There was a joke that our unit had while in Iraq. Someone would ask us: “Do you hate the Iraqis?” and we’d answer: “No, the only people I hate are in my unit.”

I gave the Iraqis the benefit of the doubt. I can understand if someone wants to fight for religious reasons, I can understand if someone doesn’t want a foreign Army running their country. I can understand why some of the Iraqis didn’t want us there.

What I can’t understand is how our leaders saw fit to treat the soldiers as they did. We worked in a hospital and a severely wounded patient didn’t get seen for one hour, because there was an awards ceremony going on. Our commander didn’t want to open our hospital early so he lied and said we were operating when we weren’t. I had to do extra guard duty just because two higher ranking people wanted to have an [adulterous] affair.

There are too many peccadilloes of human nature that are missed and not talked about, and it’s to the detriment of our soldiers that these situations aren’t talked about. And the only way to fix them, or to do something about them, is to admit them—that’s always the first step.

I keep reading in the news that returning soldiers aren’t getting the care they need, which seems to be one reason why veterans have such high rates of drug addiction, alcoholism, divorce, suicide, etc., etc. Are these reports accurate? What’s been your personal experience with the VA?

Absolutely, these reports are accurate. Being a veteran makes you more likely to smoke cigarettes, have an alcohol/drug problem, to attempt to kill yourself, kill yourself, and end up homeless.

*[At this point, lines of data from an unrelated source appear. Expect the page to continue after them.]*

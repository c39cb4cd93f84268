//! When each fluent last changed, and from when on a duration limit has run for long enough.
ghost use Rattle.std.specs.Prelude.{◌≡◌, ℕ, ◌≤◌, ◌+◌, ◌-◌, cond, [], IfOk, OnOk};
ghost use Rattle.gt_base.specs.declared.events.Fluent.{Fluent};
ghost use Rattle.gt_base.specs.Sets.{has};
ghost use Rattle.gt_base.specs.declared.limits.TheConstants.{LAST_MINUTE};
ghost use Rattle.gtrbac_model.specs.Same.{same_fluent};
ghost use Rattle.gtrbac_model.specs.Trigger.{holds};
ghost use Rattle.duration_limits.specs.Since.{since_in};
ghost use Rattle.duration_limits.specs.Aged.{is_running, is_aged, minute_after, aged_from, has_come};

use gt_base::{Cond, Fluent, Instant, LimitId, LimitRule, Memory, Status};
use indexmap::IndexMap;
use std::alloc::Global;
use std::marker::Model;

/// For each fluent the instant at which it last changed, or the birth where it has not changed
/// since. It is seen as the birth, the rows of the fluents that have changed, and the number of
/// further fluents that it has room for.
pub struct Ages {
    birth: Instant,
    changes: IndexMap<Fluent, Instant>,
}

impl Drop for Ages {
    fn drop(self) {
        let Ages {
            birth: _,
            changes: _,
        } = self;
    }
}

impl Model for Ages {
    ghost use Rattle.indexmap.specs.IndexMap.{spare};
    ghost use Rattle.duration_limits.specs.Since.{AgesView};

    ghost Value = { AgesView };

    ghost view = { λ a. record {
      birth = a.birth;
      rows = a.changes.entries;
      spare = spare a.changes;
    } };
}

impl Ages {
    /// The ages at the birth, when no fluent has changed. It takes no memory yet.
    pub fn new(alloc: Global, birth: Instant) -> Ages
        ensures birth { result.birth ≡ birth }
        ensures rows { result.rows ≡ [] }
        ensures since { (f : Fluent) → since_in result f ≡ birth }
    {
        Ages {
            birth,
            changes: IndexMap::new(alloc),
        }
    }

    /// The birth.
    pub fn birth(&self) -> Instant
        ensures { result ≡ self.now.birth }
    {
        self.birth
    }

    /// Makes room for n more fluents. After a refusal each fluent has what it had, and no room is
    /// lost.
    pub fn reserve(&mut self, n: usize) -> Result<(), Memory>
        ensures birth { self.new.birth ≡ self.old.birth }
        ensures rows { self.new.rows ≡ self.old.rows }
        ensures since { (f : Fluent) → since_in self.new f ≡ since_in self.old f }
        ensures spare { self.old.spare ≤ self.new.spare }
        ensures room { OnOk result (n ≤ self.new.spare) }
    {
        self.changes.reserve(n)
    }

    /// Ages that say the same of each fluent. The room of the copy may differ.
    pub fn copied(&self) -> Result<Ages, Memory>
        ensures birth { IfOk result (λ copy. copy.birth ≡ self.now.birth) }
        ensures rows { IfOk result (λ copy. copy.rows ≡ self.now.rows) }
        ensures since { IfOk result (λ copy. (f : Fluent) → since_in copy f ≡ since_in self.now f) }
    {
        Ok(Ages {
            birth: self.birth,
            changes: self.changes.clone()?,
        })
    }

    /// The fluent changed at t. It takes no memory: a fluent that had not changed before goes into
    /// room that was made before, and uses one place of it.
    pub fn changed(&mut self, f: Fluent, t: Instant)
        requires { 1 ≤ self.old.spare }
        ensures birth { self.new.birth ≡ self.old.birth }
        ensures since { (g : Fluent)
            → since_in self.new g ≡ cond (same_fluent f g) t (since_in self.old g) }
        ensures spare { self.old.spare ≤ self.new.spare + 1 }
    {
        match self.changes.insert(f, t) {
            Ok(_) => {}
            Err(_) => unreachable!(),
        }
    }

    /// The instant at which the fluent last changed, or the birth where it has not changed since.
    pub fn since(&self, f: Fluent) -> Instant
        ensures { result ≡ since_in self.now f }
    {
        self.changes.get(&f).copied().unwrap_or(self.birth)
    }

    /// Whether the limit of this number has run for long enough at t, on the status before t. Its
    /// period is not asked. It takes no memory.
    pub fn ripe(&self, id: LimitId, rule: &LimitRule, before: &Status, t: Instant) -> bool
        ensures { result ≡ is_aged (has before.now.set) (since_in self.now) id.0 rule.now t }
    {
        runs(id, rule, before) && rule.most <= minutes_between(self.since(rule.cond.fluent), t)
    }

    /// The first instant from which the limit of this number has run for long enough, as long as
    /// the status stays. None exactly where it does not run, or would only have run for long enough
    /// after 2099-12-31T23:59. It takes no memory.
    pub fn ripe_from(&self, id: LimitId, rule: &LimitRule, status: &Status) -> Option<Instant>
        ensures from { result ≡ aged_from (has status.now.set) (since_in self.now) id.0 rule.now }
        ensures first { (t : ℕ) → since_in self.now rule.now.cond.fluent ≤ t → t ≤ LAST_MINUTE
            → is_aged (has status.now.set) (since_in self.now) id.0 rule.now t ≡ has_come result t }
    {
        if runs(id, rule, status) {
            later(self.since(rule.cond.fluent), rule.most)
        } else {
            None
        }
    }
}

/// Whether the condition holds in the status.
fn is_held(status: &Status, condition: Cond) -> bool
    ensures { result ≡ holds (has status.now.set) condition }
{
    let on = status.is_on(condition.fluent);
    if condition.on { on } else { !on }
}

/// Whether the limit is on in the status and its condition holds there.
fn runs(id: LimitId, rule: &LimitRule, status: &Status) -> bool
    ensures { result ≡ is_running (has status.now.set) id.0 rule.now }
{
    status.is_on(Fluent::Limit(id)) && is_held(status, rule.cond)
}

/// The minutes from the first instant to the second, 0 where the second is before it.
fn minutes_between(from: Instant, to: Instant) -> u32
    ensures { result ≡ to - from }
{
    to.minute().saturating_sub(from.minute())
}

/// The instant that many minutes later, if there is one.
fn later(t: Instant, minutes: u32) -> Option<Instant>
    ensures { result ≡ minute_after t minutes }
{
    Instant::new(t.minute().checked_add(minutes)?)
}
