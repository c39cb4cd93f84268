//! The rest of a line after some words.
ghost use Rattle.std.specs.Prelude.{◌≡◌, ◌≤◌, length};
ghost use Rattle.policy_words.specs.Rests.{unindented, past_word, trimmed, rest_after};
ghost use Rattle.policy_words.specs.Reading.{expr_of_line};

use gt_text::{is_blank, without_return};

/// The text without the blanks before it.
fn unindented(mut text: &[u8]) -> &[u8]
    ensures rest { result.now ≡ unindented text.now }
    ensures fewer { length result.now ≤ length text.now }
{
    while let [b, rest @ ..] = text {
        if !is_blank(*b) {
            break;
        }
        text = rest;
    }
    text
}

/// What follows the first word.
fn past_word(mut text: &[u8]) -> &[u8]
    ensures rest { result.now ≡ past_word text.now }
    ensures fewer { length result.now ≤ length text.now }
{
    while let [b, rest @ ..] = text {
        if is_blank(*b) {
            break;
        }
        text = rest;
    }
    text
}

/// The text without the blanks at its end.
fn trimmed(mut text: &[u8]) -> &[u8]
    ensures rest { result.now ≡ trimmed text.now }
    ensures fewer { length result.now ≤ length text.now }
{
    while let [front @ .., b] = text {
        if !is_blank(*b) {
            break;
        }
        text = front;
    }
    text
}

/// What follows four words and the blanks behind them.
fn after_four(line: &[u8]) -> &[u8]
    ensures rest { result.now ≡ rest_after 4 line.now }
    ensures fewer { length result.now ≤ length line.now }
{
    let second = past_word(unindented(line));
    let third = past_word(unindented(second));
    let fourth = past_word(unindented(third));
    unindented(past_word(unindented(fourth)))
}

/// The expression of a line of a period: what follows four words, without the blanks round it.
pub(crate) fn expression(line: &[u8]) -> &[u8]
    ensures rest { result.now ≡ expr_of_line line.now }
    ensures fewer { length result.now ≤ length line.now }
{
    trimmed(after_four(without_return(line)))
}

As far as the VA goes, recently Katie Couric did a series of newscasts that exposed the VA for trying to cover up suicide numbers.

So what’s the answer? What should we—what should the VA, what should the average citizen—be doing to better help veterans?

Recently the Army Times had an article stating that the only consistent cure for PTSD is exposure therapy. This is where Veterans get together and share their stories and hear the stories of other veterans. The only cure is to understand and to be understood.

If people want to help our returning veterans then they’ve got to be willing to hear the full story and not just the parts they want to hear. We’ve got to listen to the worst, most decadent parts of the war, because this is where real growth is going to come from. We’ve got to learn and share the real stories!